To keep pace with the new developments in the insurance market, the Insurance Regulatory and Development Authority of India (Irdai) allowed general insurers to offer Pay As You Drive, Pay How You Drive and Floater policies for vehicles of the same individual owner Is. Two wheelers and private cars as an add-on to a motor insurance policy. These tech-enabled concepts can be sold on an annual basis for Motor Own Damage (OD) cover.

Regulator, IRDA said, “The introduction of the above options will help in providing much needed impetus to motor own damage cover and increase its penetration in the country.”

Earlier, the regulator had approved these product offerings of insurance companies under regulatory sandbox guidelines. The objective of the regulator behind promoting such products under the regulatory sandbox route was to identify innovative ideas to spur growth in the insurance sector as well as provide flexibility in dealing with regulatory requirements and ensure policyholder safety.
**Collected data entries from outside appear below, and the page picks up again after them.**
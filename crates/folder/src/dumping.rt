//! Writing the documents of an index that is kept in a folder.

use crate::data_fault::DataFault;
use crate::data_folder::{KeptRecords, Wanted, read_index};
use crate::parts::{Parts, write_parts};
use crate::salvage::Gap;
use engine::Engine;
use op::{Body, Op};
use serde_json::Value;
use std::alloc::{AllocError, Global};
use std::fmt::Display;
use std::fs::File;
use std::io::Write;
use std::rt::Files;
use std::{fmt, io};

/// What is written of a folder.
#[derive(Clone, Copy)]
pub struct Dumped<'a> {
    pub data: &'a str,
    /// The mapping, and no documents.
    pub mapping: bool,
    /// Whether of a damaged log what is whole is written.
    pub damaged: bool,
    /// The files that the documents are written to; with none it is the output.
    pub parts: Option<Parts<'a>>,
}

/// Why a folder isn't written, or not all of it.
#[derive(Debug, Drop)]
pub enum DumpFault {
    Data(DataFault),
    Output(io::Error),
    /// The folder of the parts, and why it can't be made or read.
    Folder(String, io::Error),
    /// The folder of the parts, and a name in it.
    NotEmpty(String, String),
    /// A part, and why it can't be written.
    Part(String, io::Error),
    NoMemory,
}

impl Display for DumpFault {
    fn fmt<W: fmt::Write>(&self, f: &mut fmt::Formatter<W>) -> fmt::Result {
        match self {
            DumpFault::Data(fault) => write!(f, "the data folder: {fault}"),
            DumpFault::Output(error) => write!(f, "the output can't be written: {error}"),
            DumpFault::Folder(folder, error) => write!(f, "{folder} can't be made: {error}"),
            DumpFault::NotEmpty(folder, name) => write!(
                f,
                "{folder} isn't empty: it has {name}; give a new folder by --to"
            ),
            DumpFault::Part(part, error) => write!(f, "{part} can't be written: {error}"),
            DumpFault::NoMemory => write!(f, "out of memory"),
        }
    }
}

impl From<AllocError> for DumpFault {
    fn from(_refused: AllocError) -> DumpFault {
        DumpFault::NoMemory
    }
}

impl From<io::Error> for DumpFault {
    fn from(error: io::Error) -> DumpFault {
        if error.kind() == io::ErrorKind::OutOfMemory {
            DumpFault::NoMemory
        } else {
            DumpFault::Output(error)
        }
    }
}

impl From<DataFault> for DumpFault {
    fn from(fault: DataFault) -> DumpFault {
        match fault {
            DataFault::NoMemory => DumpFault::NoMemory,
            fault => DumpFault::Data(fault),
        }
    }
}

/// Writes the mapping of a folder's index, or its documents as the lines of a bulk, in the order in which they were last written. The folder stays as it is,
/// and a server may have it.
/// `errors` names each document that is larger than a part, and what is left out of a damaged log.
pub fn dump<R: Files<File = File> + AllocGlobal + Clone + Drop, O: Write, E: Write>(
    rt: &R,
    dumped: Dumped<'_>,
    output: &mut O,
    errors: &mut E,
) -> Result<(), DumpFault> {
    let wanted = if dumped.damaged {
        Wanted::Salvage
    } else {
        Wanted::Whole
    };
    let KeptRecords {
        text,
        mapping,
        records,
        gaps,
        copy,
    } = read_index(rt, dumped.data, wanted)?;
    for gap in gaps {
        let Gap { offset, bytes } = gap;
        let _ = writeln!(
            errors,
            "indexd: copy-{copy}.rsx: {bytes} bytes at offset {offset} are left out"
        );
    }
    if dumped.mapping {
        write_line(output, text.as_str())?;
    } else {
        let engine = Engine::open(rt.alloc(), mapping, records)?;
        match dumped.parts {
            Some(parts) => write_parts(rt, &engine, parts, errors)?,
            None => write_documents(rt.alloc(), &engine, output)?,
        }
    }
    output.flush()?;
    Ok(())
}

fn write_documents<O: Write>(
    alloc: Global,
    engine: &Engine,
    output: &mut O,
) -> Result<(), DumpFault> {
    for op in &engine.last_ops(alloc)? {
        write_operation(alloc, engine, op, output)?;
    }
    Ok(())
}

/// Writes the document of an operation, where no later one is on its id.
pub(crate) fn write_operation<O: Write>(
    alloc: Global,
    engine: &Engine,
    op: &Op,
    output: &mut O,
) -> Result<(), DumpFault> {
    let Body::Index(id, source) = &op.body else {
        return Ok(());
    };
    match engine.last(id) {
        Some(last) if last.seq == op.seq => {}
        _ => return Ok(()),
    }
    let id = Value::try_from_str(alloc, id.as_str())?.to_string(alloc)?;
    writeln!(output, "{{\"index\":{{\"_id\":{id}}}}}")?;
    write_line(output, source.as_str())
}

/// Writes JSON on one line: a break in it stands between two tokens, so a space means the same.
fn write_line<O: Write>(output: &mut O, json: &str) -> Result<(), DumpFault> {
    let mut lines = json.trim_end().split(|c| c == '\n' || c == '\r');
    if let Some(first) = lines.next() {
        output.write_all(first.as_bytes())?;
    }
    for line in lines {
        output.write_all(b" ")?;
        output.write_all(line.as_bytes())?;
    }
    output.write_all(b"\n")?;
    Ok(())
}
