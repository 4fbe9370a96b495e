//! A log's device that keeps sums of what is on the disk for sure.
ghost use Rattle.std.specs.Prelude.{◌≡◌};

use crate::sums::{BLOCK, ENTRY, Sums, entry_of};
use std::alloc::{AllocError, Global};
use std::fs::OpenFile;
use std::io;
use std::io::Write;
use std::sync::Arc;
use std::sync::atomic::{AtomicU64, Ordering};
use sum::{Running, Table};
use translog::{DeviceFault, Failed, LogDevice};

/// Whose sums can't be kept any more, until somebody has said so.
#[derive(Drop)]
pub struct SumFaults {
    copy: AtomicU64,
}

impl SumFaults {
    /// Nobody's yet.
    pub fn new() -> SumFaults {
        SumFaults {
            copy: AtomicU64::new(0),
        }
    }

    pub(crate) fn note(&self, copy: u32) {
        self.copy.store(copy as u64, Ordering::SeqCst);
    }

    /// The copy whose sums can't be kept any more, where that wasn't asked before.
    pub fn taken(&self) -> Option<u64> {
        match self.copy.swap(0, Ordering::SeqCst) {
            0 => None,
            copy => Some(copy),
        }
    }
}

/// The sums of a log while it grows, and the file that keeps them.
#[derive(Drop)]
pub(crate) struct GrowingSums<F: Write + OpenFile + Drop> {
    file: F,
    copy: u32,
    faults: Arc<SumFaults, Global>,
    table: Table,
    /// How many sums the file has.
    kept: usize,
    /// The sums of blocks that aren't on the disk for sure, or weren't when the last were kept.
    made: Vec<u32>,
    /// The sum of the block that isn't full, and how many bytes it has.
    running: Running,
    begun: usize,
    /// Whether what was added isn't known, so that nothing is kept until the log is read again.
    is_stray: bool,
    /// Whether the file can't be written: then nothing is kept any more.
    is_over: bool,
}

impl<F: Write + OpenFile + Drop> GrowingSums<F> {
    /// The sums of a log that has these whole blocks; what else it has is added by `resume`.
    pub(crate) fn new(
        file: F,
        copy: u32,
        faults: Arc<SumFaults, Global>,
        table: Table,
        sums: Sums,
    ) -> GrowingSums<F> {
        let Sums { kept, made } = sums;
        GrowingSums {
            file,
            copy,
            faults,
            table,
            kept,
            made,
            running: Running::new(),
            begun: 0,
            is_stray: true,
            is_over: false,
        }
    }

    /// Adds what was appended.
    fn add(&mut self, piece: &[u8]) {
        if self.is_stray || self.is_over {
            return;
        }
        let room = BLOCK.saturating_sub(self.begun);
        let (front, rest) = piece.split_at(room.min(piece.len()));
        self.add_within(front);
        for block in rest.chunks(BLOCK) {
            self.add_within(block);
        }
    }

    /// Adds bytes that the block has room for.
    fn add_within(&mut self, bytes: &[u8]) {
        self.running.add(&self.table, bytes);
        self.begun = self.begun.saturating_add(bytes.len());
        if self.begun < BLOCK {
            return;
        }
        if self.made.push(self.running.sum()).is_err() {
            self.end();
        }
        self.running = Running::new();
        self.begun = 0;
    }

    /// Keeps the sums of all whole blocks, which are on the disk for sure.
    fn keep(&mut self) {
        if self.is_stray || self.is_over || self.made.is_empty() {
            return;
        }
        match write_sums(&mut self.file, self.kept, self.made.as_slice()) {
            Ok(()) => {
                self.kept = self.kept.saturating_add(self.made.len());
                self.made.clear();
            }
            Err(_) => self.end(),
        }
    }

    /// Begins again behind the blocks that have a sum, over what the log holds.
    fn resume(&mut self, log: &[u8]) {
        self.running = Running::new();
        self.begun = 0;
        let blocks = self.kept.saturating_add(self.made.len());
        match log.get(blocks.saturating_mul(BLOCK)..) {
            Some(rest) => {
                self.is_stray = false;
                self.add(rest);
            }
            None => self.end(),
        }
    }

    /// Forgets the sums of what a cut takes away.
    fn cut(&mut self, len: usize) {
        let left = len / BLOCK;
        self.made.truncate(left.saturating_sub(self.kept));
        if left >= self.kept || self.is_over {
            return;
        }
        self.kept = left;
        let is_cut = self
            .file
            .set_len(place_of(left))
            .and_then(|()| self.file.sync_all());
        if is_cut.is_err() {
            self.end();
        }
    }

    /// Keeps nothing any more, and has that said.
    fn end(&mut self) {
        self.is_over = true;
        self.faults.note(self.copy);
    }
}

/// Where the sum of a block stands.
fn place_of(block: usize) -> u64 {
    (block as u64).saturating_mul(ENTRY as u64)
}

/// Writes sums behind so many that a file has.
fn write_sums<F: Write + OpenFile>(file: &mut F, kept: usize, sums: &[u32]) -> io::Result<()> {
    file.set_len(place_of(kept))?;
    for sum in sums {
        file.write_all(&entry_of(*sum))?;
    }
    Ok(())
}

/// A device of which sums are kept, where it has some. It is seen as the device.
#[derive(Drop)]
pub struct Summed<D: LogDevice, F: Write + OpenFile + Drop> {
    device: D,
    sums: Option<GrowingSums<F>>,
}

impl<D: LogDevice, F: Write + OpenFile + Drop> Summed<D, F> {
    /// A device of which no sums are kept.
    pub fn without(device: D) -> Summed<D, F>
        ensures { result.device ≡ device }
    {
        Summed { device, sums: None }
    }

    /// A device whose sums are these, and are kept where all is on the disk for sure.
    pub(crate) fn with(device: D, sums: GrowingSums<F>) -> Summed<D, F>
        ensures { result.device ≡ device }
    {
        let mut summed = Summed {
            device,
            sums: Some(sums),
        };
        summed.resume();
        summed
    }

    /// The device.
    pub fn device(&self) -> &D
        ensures { result.now ≡ self.now.device }
    {
        &self.device
    }

    /// Begins the sums again over what the device holds, where it holds that in one piece.
    fn resume(&mut self)
        ensures { self.new.device ≡ self.old.device }
    {
        let Some(sums) = &mut self.sums else {
            return;
        };
        match self.device.whole() {
            Some(log) => sums.resume(log),
            None => sums.is_stray = true,
        }
        if self.device.is_synced() {
            sums.keep();
        }
    }
}

impl<D: LogDevice, F: Write + OpenFile + Drop> LogDevice for Summed<D, F> {
    ghost bytes = { λ s. D.bytes s.device };

    ghost synced = { λ s. D.synced s.device };

    ghost is_doubtful = { λ s. D.is_doubtful s.device };

    ghost room = { λ s. D.room s.device };

    ghost failures = { λ s. D.failures s.device };

    ghost in_memory = { D.in_memory };

    fn reserve(&mut self, additional: usize) -> Result<(), AllocError> {
        self.device.reserve(additional)
    }

    fn append(&mut self, piece: &[u8]) -> Result<(), Failed> {
        let appended = self.device.append(piece);
        if let Some(sums) = &mut self.sums {
            match appended {
                Ok(()) => sums.add(piece),
                Err(_) => sums.is_stray = true,
            }
            if self.device.is_synced() {
                sums.keep();
            }
        }
        appended
    }

    fn sync(&mut self) -> Result<usize, Failed> {
        let synced = self.device.sync();
        if let Some(sums) = &mut self.sums {
            if synced.is_ok() {
                sums.keep();
            }
        }
        synced
    }

    fn is_synced(&self) -> bool {
        self.device.is_synced()
    }

    fn read_all(&mut self, alloc: Global) -> Result<Vec<u8>, DeviceFault> {
        let read = self.device.read_all(alloc);
        if let (Some(sums), Ok(log)) = (&mut self.sums, &read) {
            sums.resume(log.as_slice());
            sums.keep();
        }
        read
    }

    fn cut(&mut self, len: usize) -> Result<(), Failed> {
        if let Some(sums) = &mut self.sums {
            sums.cut(len);
        }
        let cut = self.device.cut(len);
        self.resume();
        cut
    }

    fn held(&self, alloc: Global) -> Result<Vec<u8>, AllocError> {
        self.device.held(alloc)
    }

    fn whole(&self) -> Option<&[u8]> {
        self.device.whole()
    }

    fn faults(&self) -> u64 {
        self.device.faults()
    }
}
These covers are commonly known as need-based insurance.

Naval Goel, Founder and CEO, PolicyX.com, said, “It is now an official product. Hence it does not have the applicable limitations on sandbox products. The sandbox was provided to insurers to launch products without approval but to a limited audience. There was an innovation opportunity.”

Goyal further added, “These three new add-ons will be offered as optional riders with the base Motor Own Damage (OD) policy and can be opted for based on the coverage opted by the policyholder. Through these, the customer Will be able to manage insurance policies of their multiple vehicles better and have affordable premiums as they will pay according to the way they use and drive their vehicles.Good driving patterns if a customer drives thoughtfully Riders like ‘pay how you drive’ charge a lower premium for promotion.”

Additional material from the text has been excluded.